── Data supplied

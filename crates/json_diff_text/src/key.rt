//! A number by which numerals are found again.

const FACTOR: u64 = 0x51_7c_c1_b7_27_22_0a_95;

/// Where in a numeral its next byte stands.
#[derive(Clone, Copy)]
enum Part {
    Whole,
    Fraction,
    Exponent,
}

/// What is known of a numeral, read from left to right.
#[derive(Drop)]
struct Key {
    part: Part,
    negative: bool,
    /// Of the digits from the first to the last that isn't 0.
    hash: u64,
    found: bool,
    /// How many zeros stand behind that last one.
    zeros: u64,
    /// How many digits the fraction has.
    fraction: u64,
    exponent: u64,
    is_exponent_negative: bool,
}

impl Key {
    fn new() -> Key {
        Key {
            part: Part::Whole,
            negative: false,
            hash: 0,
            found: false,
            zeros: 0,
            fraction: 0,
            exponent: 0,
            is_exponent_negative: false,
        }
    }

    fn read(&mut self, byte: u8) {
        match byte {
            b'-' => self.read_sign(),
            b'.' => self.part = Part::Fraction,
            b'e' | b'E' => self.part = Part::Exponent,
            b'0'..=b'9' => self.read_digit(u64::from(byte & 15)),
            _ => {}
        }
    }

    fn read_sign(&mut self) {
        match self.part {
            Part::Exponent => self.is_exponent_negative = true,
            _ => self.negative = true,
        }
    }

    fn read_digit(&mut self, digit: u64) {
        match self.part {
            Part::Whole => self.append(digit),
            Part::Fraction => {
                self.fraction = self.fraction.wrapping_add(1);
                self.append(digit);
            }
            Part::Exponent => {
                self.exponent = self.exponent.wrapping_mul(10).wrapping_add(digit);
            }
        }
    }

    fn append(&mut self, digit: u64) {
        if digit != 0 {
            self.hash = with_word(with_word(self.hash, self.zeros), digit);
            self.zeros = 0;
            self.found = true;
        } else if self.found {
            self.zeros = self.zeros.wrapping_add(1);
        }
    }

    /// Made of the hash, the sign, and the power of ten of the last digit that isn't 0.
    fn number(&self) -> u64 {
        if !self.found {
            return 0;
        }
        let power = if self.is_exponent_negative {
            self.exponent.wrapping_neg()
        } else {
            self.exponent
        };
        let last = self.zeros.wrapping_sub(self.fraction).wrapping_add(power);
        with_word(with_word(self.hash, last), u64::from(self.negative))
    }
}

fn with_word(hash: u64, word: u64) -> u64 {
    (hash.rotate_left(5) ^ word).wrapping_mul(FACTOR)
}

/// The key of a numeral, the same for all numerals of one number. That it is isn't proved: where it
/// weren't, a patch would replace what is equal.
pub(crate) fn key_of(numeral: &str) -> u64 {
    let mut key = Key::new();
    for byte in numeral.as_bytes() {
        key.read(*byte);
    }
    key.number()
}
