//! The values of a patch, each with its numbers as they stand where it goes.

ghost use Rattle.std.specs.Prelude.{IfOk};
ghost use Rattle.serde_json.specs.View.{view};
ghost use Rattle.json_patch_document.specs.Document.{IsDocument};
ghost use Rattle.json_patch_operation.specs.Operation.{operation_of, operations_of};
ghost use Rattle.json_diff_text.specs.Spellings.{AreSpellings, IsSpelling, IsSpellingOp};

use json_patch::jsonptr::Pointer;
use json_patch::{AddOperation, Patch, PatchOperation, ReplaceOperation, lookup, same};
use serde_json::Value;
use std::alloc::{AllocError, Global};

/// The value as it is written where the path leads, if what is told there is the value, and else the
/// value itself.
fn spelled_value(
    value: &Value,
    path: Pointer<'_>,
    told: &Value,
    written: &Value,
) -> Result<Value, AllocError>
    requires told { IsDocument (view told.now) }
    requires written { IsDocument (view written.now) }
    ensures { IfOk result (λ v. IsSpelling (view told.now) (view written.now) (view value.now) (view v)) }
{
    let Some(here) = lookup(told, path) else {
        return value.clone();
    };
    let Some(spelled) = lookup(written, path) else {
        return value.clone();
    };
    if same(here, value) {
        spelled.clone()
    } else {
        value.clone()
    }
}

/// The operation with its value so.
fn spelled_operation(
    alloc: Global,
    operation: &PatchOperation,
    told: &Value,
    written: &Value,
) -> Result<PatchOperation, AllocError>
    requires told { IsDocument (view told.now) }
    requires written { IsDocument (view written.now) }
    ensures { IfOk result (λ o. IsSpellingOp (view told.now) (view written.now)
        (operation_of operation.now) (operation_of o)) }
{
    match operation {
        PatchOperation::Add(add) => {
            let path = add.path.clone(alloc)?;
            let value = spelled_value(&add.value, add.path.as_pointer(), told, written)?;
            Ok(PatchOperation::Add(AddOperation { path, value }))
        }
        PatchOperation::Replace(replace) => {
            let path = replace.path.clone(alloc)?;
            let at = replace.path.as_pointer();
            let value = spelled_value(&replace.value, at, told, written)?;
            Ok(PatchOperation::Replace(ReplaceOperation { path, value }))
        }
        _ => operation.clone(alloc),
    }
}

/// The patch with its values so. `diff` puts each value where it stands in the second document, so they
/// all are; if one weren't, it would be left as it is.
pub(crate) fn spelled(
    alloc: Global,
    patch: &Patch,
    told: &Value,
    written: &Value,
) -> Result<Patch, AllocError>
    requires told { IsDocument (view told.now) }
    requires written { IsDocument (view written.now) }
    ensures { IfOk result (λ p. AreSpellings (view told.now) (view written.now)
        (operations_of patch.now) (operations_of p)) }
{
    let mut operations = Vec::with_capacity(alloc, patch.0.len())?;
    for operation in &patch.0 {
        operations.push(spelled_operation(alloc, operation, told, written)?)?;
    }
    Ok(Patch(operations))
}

────
── Data supplied

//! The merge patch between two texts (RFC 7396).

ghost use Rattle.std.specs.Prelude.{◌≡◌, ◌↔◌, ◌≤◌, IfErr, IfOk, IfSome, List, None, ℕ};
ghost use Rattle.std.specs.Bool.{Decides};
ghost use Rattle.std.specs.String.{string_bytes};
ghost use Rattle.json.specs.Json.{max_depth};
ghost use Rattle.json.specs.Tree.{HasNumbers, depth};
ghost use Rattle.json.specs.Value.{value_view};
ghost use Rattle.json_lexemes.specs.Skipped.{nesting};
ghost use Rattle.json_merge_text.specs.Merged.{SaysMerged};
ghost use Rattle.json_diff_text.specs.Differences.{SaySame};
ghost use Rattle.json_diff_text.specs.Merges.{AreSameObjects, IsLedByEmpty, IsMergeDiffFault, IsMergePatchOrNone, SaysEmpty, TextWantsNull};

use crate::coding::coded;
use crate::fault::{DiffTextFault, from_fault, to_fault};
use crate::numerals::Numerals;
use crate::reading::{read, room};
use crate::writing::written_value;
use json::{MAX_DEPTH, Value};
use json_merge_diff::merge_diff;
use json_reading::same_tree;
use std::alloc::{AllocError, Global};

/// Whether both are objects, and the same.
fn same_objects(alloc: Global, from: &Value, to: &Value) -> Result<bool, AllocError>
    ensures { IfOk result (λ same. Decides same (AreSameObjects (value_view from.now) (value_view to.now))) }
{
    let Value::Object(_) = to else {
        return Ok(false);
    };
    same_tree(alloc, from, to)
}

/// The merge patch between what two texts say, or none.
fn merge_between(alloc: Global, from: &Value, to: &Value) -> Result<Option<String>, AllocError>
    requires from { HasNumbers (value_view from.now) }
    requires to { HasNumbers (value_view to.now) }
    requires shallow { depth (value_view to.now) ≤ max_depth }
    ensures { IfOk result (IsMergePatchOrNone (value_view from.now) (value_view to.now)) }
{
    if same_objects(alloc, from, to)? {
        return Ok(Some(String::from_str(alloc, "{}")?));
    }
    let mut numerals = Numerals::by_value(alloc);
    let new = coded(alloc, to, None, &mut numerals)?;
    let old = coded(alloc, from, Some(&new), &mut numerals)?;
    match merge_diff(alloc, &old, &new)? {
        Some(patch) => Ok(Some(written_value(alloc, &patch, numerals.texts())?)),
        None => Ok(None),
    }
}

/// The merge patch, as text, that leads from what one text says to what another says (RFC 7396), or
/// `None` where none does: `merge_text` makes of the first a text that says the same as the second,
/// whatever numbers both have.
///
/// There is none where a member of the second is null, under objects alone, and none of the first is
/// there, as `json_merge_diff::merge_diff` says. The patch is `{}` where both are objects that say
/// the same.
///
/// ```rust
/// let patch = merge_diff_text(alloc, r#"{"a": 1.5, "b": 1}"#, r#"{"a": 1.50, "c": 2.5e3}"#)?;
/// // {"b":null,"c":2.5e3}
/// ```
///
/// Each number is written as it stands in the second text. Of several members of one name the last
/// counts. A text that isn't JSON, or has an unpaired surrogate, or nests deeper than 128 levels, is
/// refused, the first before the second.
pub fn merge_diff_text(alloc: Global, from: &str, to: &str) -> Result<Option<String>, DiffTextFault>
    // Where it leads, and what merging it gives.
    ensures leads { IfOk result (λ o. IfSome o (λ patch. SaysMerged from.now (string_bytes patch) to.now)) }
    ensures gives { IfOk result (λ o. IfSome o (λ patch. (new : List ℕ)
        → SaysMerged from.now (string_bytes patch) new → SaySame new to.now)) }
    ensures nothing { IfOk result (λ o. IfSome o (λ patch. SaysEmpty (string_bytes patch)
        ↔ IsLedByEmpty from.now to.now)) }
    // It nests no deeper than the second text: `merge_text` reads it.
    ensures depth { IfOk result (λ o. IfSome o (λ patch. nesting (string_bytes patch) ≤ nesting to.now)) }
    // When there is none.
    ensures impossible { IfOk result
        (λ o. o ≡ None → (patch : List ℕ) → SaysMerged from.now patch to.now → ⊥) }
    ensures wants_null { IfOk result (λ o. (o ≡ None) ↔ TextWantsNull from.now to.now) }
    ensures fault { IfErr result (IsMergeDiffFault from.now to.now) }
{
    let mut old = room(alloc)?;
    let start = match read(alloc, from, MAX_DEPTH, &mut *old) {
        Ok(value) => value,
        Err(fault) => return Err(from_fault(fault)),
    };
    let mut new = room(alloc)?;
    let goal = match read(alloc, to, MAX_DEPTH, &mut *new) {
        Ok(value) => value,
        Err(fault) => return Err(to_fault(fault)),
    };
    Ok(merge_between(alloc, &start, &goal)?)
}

────

- **Instructions to follow**
Which lines of the records above contain the word "FACTOR"? Report each one.

- **Response area**
const FACTOR: u64 = 0x51_7c_c1_b7_27_22_0a_95;
    (hash.rotate_left(5) ^ word).wrapping_mul(FACTOR)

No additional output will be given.